U.S. food prices rose 5.3 percent last year, with more hikes in store, said Kelli B. Grant in SmartMoney.com, and credit-card issuers are trying to entice you to put your “escalating grocery bills” on their “grocery store reward cards.” Promising “bonus points and cash-back rebates,” these cards may seem like a godsend for “cash-strapped consumers,” but “think twice” before signing up. While some cards “can help you save,” most of them have high interest rates and only reward you at a “narrow” choice of stores or on certain products.

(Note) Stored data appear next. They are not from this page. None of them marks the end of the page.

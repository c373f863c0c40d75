//! Walks the parts of a shard by hand, by the steps of three scripts, beside a shard of each member that takes
//! the same steps, and prints what stands behind each. A call that is refused memory must leave all as it was,
//! and is made once more, which succeeds where one growth alone is refused.
#![tactic(auto)]

// What a call answers that changes nothing, and is made once more where it is refused.
macro_rules! anew {
    ($call:expr) => {
        match $call {
            Ok(answer) => Ok(answer),
            Err(_) => $call,
        }
    };
}

// What a call answers that may be refused memory. Where it is refused, what is seen must be as it was, and the
// call is made once more.
macro_rules! twice {
    ($seen:expr, $call:expr) => {{
        let before = $seen;
        match $call {
            Ok(answer) => Ok(answer),
            Err(_) => {
                before.is_still($seen)?;
                $call
            }
        }
    }};
}

mod doing;
mod mails;
mod making;
mod member;
mod parts;
mod queries;
mod rows;
mod seen;
mod steps;
mod stop;
mod walk;
mod words;

use rows::{IMAGE_DROPS_TOMBSTONE, QUERY_STATES, STABLE_TOMBSTONE};
use std::process::ExitCode;
use std::sync::Wait;
use stop::Stop;
use walk::walk_script;

// `waits` is the process itself once more: only `main` may hand that out.
fn walk_all<R: Wait + Sync>(rt: &HostRuntime, waits: &R) -> Result<(), Stop> {
    walk_script(rt, waits, "stable-tombstone", 2, &STABLE_TOMBSTONE)?;
    walk_script(
        rt,
        waits,
        "image-drops-tombstone",
        3,
        &IMAGE_DROPS_TOMBSTONE,
    )?;
    walk_script(rt, waits, "query-states", 2, &QUERY_STATES)
}

fn main(rt: HostRuntime) -> ExitCode {
    match walk_all(&rt, &rt) {
        Ok(()) => ExitCode::SUCCESS,
        Err(stop) => {
            let _ = eprintln!(rt; "parts_by_hand: {stop}");
            ExitCode::from(stop.status())
        }
    }
}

Cash rewards are generally better than points. But read the fine print—you’ll probably be better off “clipping a few coupons.”

The end of cheap flights

Air passengers should “plan on shelling out considerably more money” to fly, with fewer choices, says Jennifer Waters in MarketWatch. The shuttering of three airlines—ATA, Aloha, and Skybus—in one week is a harbinger of the “turbulent ride” ahead for passengers and airlines alike. Airlines are facing the potent combination of “soaring fuel prices and a limp economy,” and they are cutting flights and hiring to stay airborne. But cutting will only go so far, so expect surcharges for all sort of services, like checked bags and peanuts, and watch your frequent flier miles become increasingly “worthless.” Airlines will “tighten the screws,” so be prepared to “pony up.”